EDGE: Empty list, list with no multiples, list with all multiples.
</think>
def fizz_buzz_list(numbers: list[int]) -> list:
result = []
for num in numbers:
if num % 3 == 0 and num % 5 == 0:
result.append('FizzBuzz')
elif num % 3 == 0:
result.append('Fizz')
elif num % 5 == 0:
result.append('Buzz')
else:
result.append(num)
return result
278 chars of reasoning, then straight to correct code. free-form used 6613 chars of reasoning and hit the token limit.
how to reproduce
- serve Qwen3.6-35B-A3B with llama-server (or any server supporting the
grammarAPI parameter) - pass the GBNF grammar string in the
grammarfield of your API request - grammar files are included in
source/grammars/in this repo
server launch example:
llama-server -m Qwen3.6-35B-A3B-Q4_K_M.gguf \
-c 16384 -ngl 999 -ncmoe 30 --jinja
API request example:
import requests
GRAMMAR = r"""root ::= think code
think ::= "<think>\n" "GOAL: " line "APPROACH: " line "EDGE: " line "</think>\n\n"
line ::= [^\n]+ "\n"
code ::= [\x09\x0A\x0D\x20-\x7E]+"""
body = {
"messages": [
{"role": "system", "content": "You are a Python coding assistant."},
{"role": "user", "content": "Write a function that ..."},
],
"max_tokens": 2048,
"temperature": 0.0,
"grammar": GRAMMAR,
}
r = requests.post("http://localhost:8080/v1/chat/completions", json=body)
key findings
- grammar constrains the full output stream, including what llama-server reports as
reasoning_content.enable_thinkinghas no additional effect when grammar is active. - the model already knows the answer. it just needs to stop overthinking. the grammar doesn't reduce quality, it just prevents the model from wasting tokens on deliberation.
- 3-field is enough.
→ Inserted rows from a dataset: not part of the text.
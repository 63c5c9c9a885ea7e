//! Why a command is refused.
ghost use Rattle.std.specs.Prelude.{◌≡◌, ◌≤◌, length};
ghost use Rattle.gq_reply.specs.Refusals.{unnumbered, words_of};
ghost use Rattle.gq_reply.specs.Replies.{code_of, name_of};
ghost use Rattle.gq_reply.specs.declared.refusal.Refusal.TheVariants.{Memory};

use std::alloc::AllocError;
use std::error::Error;
use std::fmt;

/// Why a command was refused. Refused commands change no table.
#[derive(Clone, Copy, Debug, PartialEq, Eq)]
pub enum Refusal {
    /// The line isn't a command.
    Syntax,
    /// The line is longer than the limit.
    LineTooLong,
    /// There is no table of that name.
    NoTable,
    /// There is a table of that name already.
    TableExists,
    /// The table has no column of that name.
    NoColumn,
    /// A value's kind isn't its column's, or there are too many or too few values.
    TypeMismatch,
    /// The table has no key.
    NoKey,
    /// A key column would hold null.
    NullKey,
    /// A payload's header does not name each column once.
    Header,
    /// A record has more or fewer fields than the header.
    FieldCount,
    /// A field isn't a whole number of 64 bits.
    BadInt,
    /// A field isn't UTF-8.
    BadText,
    /// A sum doesn't fit 64 bits.
    SumRange,
    /// Something exceeds a limit.
    Limit,
    /// An allocation failed.
    Memory,
    /// The run store failed.
    StoreFault,
    /// The run store did not read back what was written.
    Damaged,
    /// A payload was not closed.
    LoadOpen,
}

impl Refusal {
    /// Its number, which is the same in all versions.
    pub fn code(self) -> u8
        ensures { result ≡ code_of self }
    {
        match self {
            Refusal::Syntax => 1,
            Refusal::LineTooLong => 2,
            Refusal::NoTable => 3,
            Refusal::TableExists => 4,
            Refusal::NoColumn => 5,
            Refusal::TypeMismatch => 6,
            Refusal::NoKey => 7,
            Refusal::NullKey => 8,
            Refusal::Header => 9,
            Refusal::FieldCount => 10,
            Refusal::BadInt => 11,
            Refusal::BadText => 12,
            Refusal::SumRange => 13,
            Refusal::Limit => 14,
            Refusal::Memory => 15,
            Refusal::StoreFault => 16,
            Refusal::Damaged => 17,
            Refusal::LoadOpen => 18,
        }
    }

    /// Its name, as replies spell it.
    pub fn name(self) -> &'static str
        ensures name { result.now ≡ name_of self }
        ensures short { length result.now ≤ 12 }
    {
        match self {
            Refusal::Syntax => "Syntax",
            Refusal::LineTooLong => "LineTooLong",
            Refusal::NoTable => "NoTable",
            Refusal::TableExists => "TableExists",
            Refusal::NoColumn => "NoColumn",
            Refusal::TypeMismatch => "TypeMismatch",
            Refusal::NoKey => "NoKey",
            Refusal::NullKey => "NullKey",
            Refusal::Header => "Header",
            Refusal::FieldCount => "FieldCount",
            Refusal::BadInt => "BadInt",
            Refusal::BadText => "BadText",
            Refusal::SumRange => "SumRange",
            Refusal::Limit => "Limit",
            Refusal::Memory => "Memory",
            Refusal::StoreFault => "StoreFault",
            Refusal::Damaged => "Damaged",
            Refusal::LoadOpen => "LoadOpen",
        }
    }

    /// What it means, in a few words.
    pub fn words(self) -> &'static str
        ensures words { result.now ≡ words_of self }
        ensures short { length result.now ≤ 80 }
    {
        match self {
            Refusal::Syntax => "the line is not a command",
            Refusal::LineTooLong => "the line is too long",
            Refusal::NoTable => "no table has that name",
            Refusal::TableExists => "a table of that name exists already",
            Refusal::NoColumn => "no column of the table has that name",
            Refusal::TypeMismatch =>
                "a value has the wrong type, or there are too many or too few values",
            Refusal::NoKey => "the table has no key",
            Refusal::NullKey => "a key column would be null",
            Refusal::Header => "the header does not name each column of the table once",
            Refusal::FieldCount => "the record has more or fewer fields than the header",
            Refusal::BadInt => "a field is not a whole number of 64 bits",
            Refusal::BadText => "a field is not UTF-8",
            Refusal::SumRange => "a sum does not fit a whole number of 64 bits",
            Refusal::Limit =>
                "a name, a text, a payload, a table, the database or the result is too large",
            Refusal::Memory => "out of memory",
            Refusal::StoreFault => "spilled rows could not be written or read",
            Refusal::Damaged => "spilled rows did not read back as they were written",
            Refusal::LoadOpen => "the script ends before the line that closes the payload",
        }
    }
}

impl fmt::Display for Refusal {
    ghost use Rattle.std.specs.Prelude.{Some};
    ghost use Rattle.gq_reply.specs.Refusals.{words_of};

    ghost output = { λ why. Some (words_of why) };

    fn fmt<W: fmt::Write>(&self, f: &mut fmt::Formatter<W>) -> fmt::Result {
        f.write_str(self.words())
    }
}

impl Error for Refusal {}

/// Why a command was refused, and the number of a payload's faulty record if there is one.
#[derive(Clone, Copy, Debug, PartialEq, Eq)]
pub struct Refused {
    pub why: Refusal,
    /// 1 is the record after the header.
    pub number: Option<u64>,
}

impl From<Refusal> for Refused {
    ghost from_gives = { λ why refused. refused ≡ unnumbered why };

    fn from(why: Refusal) -> Refused {
        Refused { why, number: None }
    }
}

impl From<AllocError> for Refused {
    ghost from_gives = { λ _ refused. refused ≡ unnumbered Memory };

    fn from(_e: AllocError) -> Refused {
        Refused::from(Refusal::Memory)
    }
}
GOAL/APPROACH/EDGE covers the essential structured reasoning. adding STATE/ALGO/VERIFY adds marginal value on hard tasks but not enough to justify the extra tokens.
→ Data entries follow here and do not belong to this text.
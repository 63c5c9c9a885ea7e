//! Replies.
ghost use Rattle.std.specs.Prelude.{◌≡◌};
ghost use Rattle.gq_reply.specs.Refusals.{refused, of_refused};
ghost use Rattle.gq_reply.specs.Replies.{is_refusal as refuses};

use crate::refusal::{Refusal, Refused};
use gq_cells::Rows;
use gq_row::{Sequence, Text};

/// The reply to a command.
#[derive(Drop)]
pub enum Reply {
    /// Carried out; the number of rows that were put or deleted.
    Done(u64),
    /// The rows of a query, under the names of their columns.
    Rows { header: Sequence<Text>, rows: Rows },
    /// Refused, and no table changed; `number` is that of a payload's faulty record.
    Refused { code: Refusal, number: Option<u64> },
}

impl Reply {
    /// A refusal that names no record.
    pub fn refused(why: Refusal) -> Reply
        ensures { result ≡ refused why }
    {
        Reply::of_refused(Refused::from(why))
    }

    /// The reply for a refusal.
    pub fn of_refused(refused: Refused) -> Reply
        ensures { result ≡ of_refused refused }
    {
        Reply::Refused {
            code: refused.why,
            number: refused.number,
        }
    }

    /// Whether the command was refused.
    pub fn is_refusal(&self) -> bool
        ensures { result ≡ refuses self.now }
    {
        matches!(self, Reply::Refused { .. })
    }
}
- not yet tested for agentic tool calls. this grammar constrains output to think + code. applying it to an agent loop would require a grammar that also handles JSON tool calls (
think (code | tool_call)).
hardware
- GPU: NVIDIA RTX 4060 Ti 8GB
- CPU: AMD Ryzen 5 7600X
- RAM: 32 GB DDR5
- OS: Windows 11 + WSL2 (Ubuntu)
- inference: llama-server (turboquant fork of llama.cpp), ncmoe=30
data
rows 18-29 in agentic-coding-bench.jsonl contain the grammar experiment. filter by framework == "direct-api" and reasoning_mode values grammar-3field, grammar-5field, or free.